Check every line in the records below for the word "self" and report how many have it, nothing more.

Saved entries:
::::
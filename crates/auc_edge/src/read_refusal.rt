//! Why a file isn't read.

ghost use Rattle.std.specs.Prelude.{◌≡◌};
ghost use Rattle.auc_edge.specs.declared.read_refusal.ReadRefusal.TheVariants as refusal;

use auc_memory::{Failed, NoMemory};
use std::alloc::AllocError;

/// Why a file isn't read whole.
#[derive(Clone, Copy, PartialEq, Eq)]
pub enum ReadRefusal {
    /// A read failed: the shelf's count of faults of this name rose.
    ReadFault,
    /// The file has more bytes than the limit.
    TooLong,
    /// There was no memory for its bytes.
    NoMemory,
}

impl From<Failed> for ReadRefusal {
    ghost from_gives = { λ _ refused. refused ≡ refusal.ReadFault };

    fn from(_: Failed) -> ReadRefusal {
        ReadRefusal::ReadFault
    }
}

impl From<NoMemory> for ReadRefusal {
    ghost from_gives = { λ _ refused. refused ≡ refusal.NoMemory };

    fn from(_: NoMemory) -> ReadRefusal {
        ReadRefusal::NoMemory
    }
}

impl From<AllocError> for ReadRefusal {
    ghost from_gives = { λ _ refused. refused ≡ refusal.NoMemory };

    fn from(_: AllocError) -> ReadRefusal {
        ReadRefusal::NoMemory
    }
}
::::
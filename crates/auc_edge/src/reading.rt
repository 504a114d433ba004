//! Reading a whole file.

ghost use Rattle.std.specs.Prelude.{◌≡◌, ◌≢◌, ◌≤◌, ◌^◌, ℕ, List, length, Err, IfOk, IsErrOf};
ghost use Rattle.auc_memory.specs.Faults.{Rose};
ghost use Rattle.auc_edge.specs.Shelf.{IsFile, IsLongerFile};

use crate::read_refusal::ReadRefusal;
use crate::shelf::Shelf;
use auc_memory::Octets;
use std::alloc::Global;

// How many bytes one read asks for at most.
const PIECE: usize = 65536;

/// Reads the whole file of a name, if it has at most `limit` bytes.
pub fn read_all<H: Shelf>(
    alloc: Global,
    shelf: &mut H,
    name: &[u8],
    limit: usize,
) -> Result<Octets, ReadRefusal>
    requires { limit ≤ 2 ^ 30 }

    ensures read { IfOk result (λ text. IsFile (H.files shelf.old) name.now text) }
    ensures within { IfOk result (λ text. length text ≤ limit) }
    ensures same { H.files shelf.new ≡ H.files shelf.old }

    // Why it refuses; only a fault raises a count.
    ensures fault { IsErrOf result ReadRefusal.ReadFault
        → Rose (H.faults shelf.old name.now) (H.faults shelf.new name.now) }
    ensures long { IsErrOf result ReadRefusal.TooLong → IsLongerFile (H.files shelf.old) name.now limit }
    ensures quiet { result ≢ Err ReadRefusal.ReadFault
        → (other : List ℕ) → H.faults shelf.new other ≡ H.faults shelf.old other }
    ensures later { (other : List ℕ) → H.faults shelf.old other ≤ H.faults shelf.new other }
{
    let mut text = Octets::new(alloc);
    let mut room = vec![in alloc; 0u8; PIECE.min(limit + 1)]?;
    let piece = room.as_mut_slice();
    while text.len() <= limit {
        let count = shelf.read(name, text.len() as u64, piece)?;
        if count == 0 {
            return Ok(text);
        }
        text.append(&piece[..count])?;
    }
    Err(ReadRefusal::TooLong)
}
::::
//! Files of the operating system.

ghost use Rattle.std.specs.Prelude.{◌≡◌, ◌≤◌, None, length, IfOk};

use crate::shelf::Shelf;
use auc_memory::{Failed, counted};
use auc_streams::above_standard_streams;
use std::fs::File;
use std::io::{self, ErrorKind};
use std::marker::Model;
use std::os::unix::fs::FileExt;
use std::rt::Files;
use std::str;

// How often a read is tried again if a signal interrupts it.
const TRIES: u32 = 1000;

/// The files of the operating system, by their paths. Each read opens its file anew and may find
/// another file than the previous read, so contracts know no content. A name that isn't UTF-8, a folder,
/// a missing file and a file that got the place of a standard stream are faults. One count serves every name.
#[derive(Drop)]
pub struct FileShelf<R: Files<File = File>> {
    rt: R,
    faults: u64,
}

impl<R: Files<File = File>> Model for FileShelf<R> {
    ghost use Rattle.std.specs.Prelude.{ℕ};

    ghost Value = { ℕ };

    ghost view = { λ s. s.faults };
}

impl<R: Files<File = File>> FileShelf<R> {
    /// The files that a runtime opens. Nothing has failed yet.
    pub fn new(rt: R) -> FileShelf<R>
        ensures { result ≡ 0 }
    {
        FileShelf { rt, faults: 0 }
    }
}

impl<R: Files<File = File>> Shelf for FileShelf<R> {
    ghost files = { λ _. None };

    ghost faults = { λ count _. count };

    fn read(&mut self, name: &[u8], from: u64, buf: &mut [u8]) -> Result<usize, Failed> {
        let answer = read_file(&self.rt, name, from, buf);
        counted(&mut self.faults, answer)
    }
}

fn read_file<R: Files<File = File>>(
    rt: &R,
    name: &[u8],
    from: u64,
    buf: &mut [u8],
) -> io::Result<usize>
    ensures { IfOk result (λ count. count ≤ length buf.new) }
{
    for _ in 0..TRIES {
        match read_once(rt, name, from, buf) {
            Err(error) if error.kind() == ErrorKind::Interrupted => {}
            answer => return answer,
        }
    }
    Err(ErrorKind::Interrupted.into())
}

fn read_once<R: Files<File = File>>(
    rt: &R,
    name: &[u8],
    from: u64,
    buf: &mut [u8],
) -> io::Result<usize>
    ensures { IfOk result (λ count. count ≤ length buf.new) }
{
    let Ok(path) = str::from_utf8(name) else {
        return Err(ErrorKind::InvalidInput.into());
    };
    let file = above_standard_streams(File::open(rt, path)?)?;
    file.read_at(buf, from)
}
::::
#### [RESULT OF THIS TASK]
4